* **Stored data**:
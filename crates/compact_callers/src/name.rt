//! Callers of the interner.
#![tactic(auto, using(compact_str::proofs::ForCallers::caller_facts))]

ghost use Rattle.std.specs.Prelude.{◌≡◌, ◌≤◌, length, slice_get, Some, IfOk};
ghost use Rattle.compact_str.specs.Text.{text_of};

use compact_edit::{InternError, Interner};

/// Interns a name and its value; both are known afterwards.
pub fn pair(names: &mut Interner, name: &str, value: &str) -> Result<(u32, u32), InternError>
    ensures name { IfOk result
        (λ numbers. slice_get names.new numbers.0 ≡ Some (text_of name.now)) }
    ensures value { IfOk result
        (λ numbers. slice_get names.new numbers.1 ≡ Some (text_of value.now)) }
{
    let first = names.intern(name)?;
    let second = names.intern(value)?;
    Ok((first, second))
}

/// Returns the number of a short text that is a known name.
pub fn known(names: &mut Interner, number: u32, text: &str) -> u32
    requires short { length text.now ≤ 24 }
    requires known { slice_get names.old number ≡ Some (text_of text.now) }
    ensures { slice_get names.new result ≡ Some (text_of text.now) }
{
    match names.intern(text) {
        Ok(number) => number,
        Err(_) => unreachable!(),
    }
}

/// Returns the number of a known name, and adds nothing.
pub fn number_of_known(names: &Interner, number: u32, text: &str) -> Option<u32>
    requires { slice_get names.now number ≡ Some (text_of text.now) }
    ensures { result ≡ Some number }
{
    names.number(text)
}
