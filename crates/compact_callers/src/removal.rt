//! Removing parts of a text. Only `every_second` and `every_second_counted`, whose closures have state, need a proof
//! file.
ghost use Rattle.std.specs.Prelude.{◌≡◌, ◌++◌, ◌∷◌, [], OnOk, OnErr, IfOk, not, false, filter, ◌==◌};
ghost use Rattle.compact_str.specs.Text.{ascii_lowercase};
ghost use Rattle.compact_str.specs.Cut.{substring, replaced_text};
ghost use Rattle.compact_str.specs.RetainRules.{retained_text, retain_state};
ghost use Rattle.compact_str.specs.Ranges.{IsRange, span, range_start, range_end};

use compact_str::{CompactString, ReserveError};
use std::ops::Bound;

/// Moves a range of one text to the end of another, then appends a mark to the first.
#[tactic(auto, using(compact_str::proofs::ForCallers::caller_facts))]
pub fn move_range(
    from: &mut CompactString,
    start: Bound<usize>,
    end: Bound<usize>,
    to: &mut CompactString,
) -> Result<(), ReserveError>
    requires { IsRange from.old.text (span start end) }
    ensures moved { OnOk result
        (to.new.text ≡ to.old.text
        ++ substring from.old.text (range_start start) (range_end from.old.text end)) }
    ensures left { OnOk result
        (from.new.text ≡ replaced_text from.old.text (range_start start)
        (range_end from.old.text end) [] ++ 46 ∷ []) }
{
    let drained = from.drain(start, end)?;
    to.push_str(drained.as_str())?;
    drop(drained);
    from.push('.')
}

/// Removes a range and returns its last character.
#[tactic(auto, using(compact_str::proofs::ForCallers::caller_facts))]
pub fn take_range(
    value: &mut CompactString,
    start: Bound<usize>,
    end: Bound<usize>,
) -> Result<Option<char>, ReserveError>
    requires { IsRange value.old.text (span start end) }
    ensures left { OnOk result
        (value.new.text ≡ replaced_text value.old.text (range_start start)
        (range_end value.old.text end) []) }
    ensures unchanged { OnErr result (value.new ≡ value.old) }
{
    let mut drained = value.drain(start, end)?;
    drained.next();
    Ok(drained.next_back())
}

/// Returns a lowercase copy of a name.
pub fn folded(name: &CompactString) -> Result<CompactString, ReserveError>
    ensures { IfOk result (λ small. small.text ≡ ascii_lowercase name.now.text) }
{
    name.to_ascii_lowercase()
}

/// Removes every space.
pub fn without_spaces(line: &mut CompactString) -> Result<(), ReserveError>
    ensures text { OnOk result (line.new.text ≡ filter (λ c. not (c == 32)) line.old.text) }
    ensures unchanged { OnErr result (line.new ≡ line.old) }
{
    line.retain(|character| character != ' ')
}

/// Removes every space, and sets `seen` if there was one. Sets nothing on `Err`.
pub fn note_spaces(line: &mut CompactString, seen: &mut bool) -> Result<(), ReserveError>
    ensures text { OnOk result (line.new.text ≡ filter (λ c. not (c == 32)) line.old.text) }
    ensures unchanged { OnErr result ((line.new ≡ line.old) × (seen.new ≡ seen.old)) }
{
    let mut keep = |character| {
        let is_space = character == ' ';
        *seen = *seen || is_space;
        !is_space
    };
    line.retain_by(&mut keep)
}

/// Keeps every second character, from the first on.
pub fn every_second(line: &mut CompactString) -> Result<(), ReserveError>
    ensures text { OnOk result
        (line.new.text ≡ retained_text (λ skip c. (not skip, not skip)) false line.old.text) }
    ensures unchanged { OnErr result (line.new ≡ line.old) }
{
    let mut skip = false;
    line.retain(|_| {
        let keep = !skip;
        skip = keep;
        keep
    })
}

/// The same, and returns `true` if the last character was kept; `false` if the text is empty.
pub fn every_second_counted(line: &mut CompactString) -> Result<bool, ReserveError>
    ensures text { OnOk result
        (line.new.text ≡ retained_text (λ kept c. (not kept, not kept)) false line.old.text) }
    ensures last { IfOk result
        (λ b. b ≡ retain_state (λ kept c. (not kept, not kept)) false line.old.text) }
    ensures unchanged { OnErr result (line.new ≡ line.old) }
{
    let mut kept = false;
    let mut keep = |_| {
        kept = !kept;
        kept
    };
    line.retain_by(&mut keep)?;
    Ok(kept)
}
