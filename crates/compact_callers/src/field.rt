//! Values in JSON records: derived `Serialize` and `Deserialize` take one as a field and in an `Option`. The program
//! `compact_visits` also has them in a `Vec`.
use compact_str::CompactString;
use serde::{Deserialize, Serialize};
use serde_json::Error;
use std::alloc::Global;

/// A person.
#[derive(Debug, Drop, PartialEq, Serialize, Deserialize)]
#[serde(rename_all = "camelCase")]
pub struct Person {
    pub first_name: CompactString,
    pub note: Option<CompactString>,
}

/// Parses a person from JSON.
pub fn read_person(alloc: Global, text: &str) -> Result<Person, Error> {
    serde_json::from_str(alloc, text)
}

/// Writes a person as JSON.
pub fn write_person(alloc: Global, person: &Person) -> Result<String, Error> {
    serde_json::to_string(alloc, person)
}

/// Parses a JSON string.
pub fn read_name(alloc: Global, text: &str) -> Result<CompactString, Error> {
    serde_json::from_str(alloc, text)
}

* **EXERCISE BRIEF**:
Copy, exactly and only, the lines above that begin with the one containing "(range_end value.old.text end)" and finish with the one containing "copy of a name.".

* **EXPECTED ANSWER**:
        (range_end value.old.text end) []) }
    ensures unchanged { OnErr result (value.new ≡ value.old) }
{
    let mut drained = value.drain(start, end)?;
    drained.next();
    Ok(drained.next_back())
}

/// Returns a lowercase copy of a name.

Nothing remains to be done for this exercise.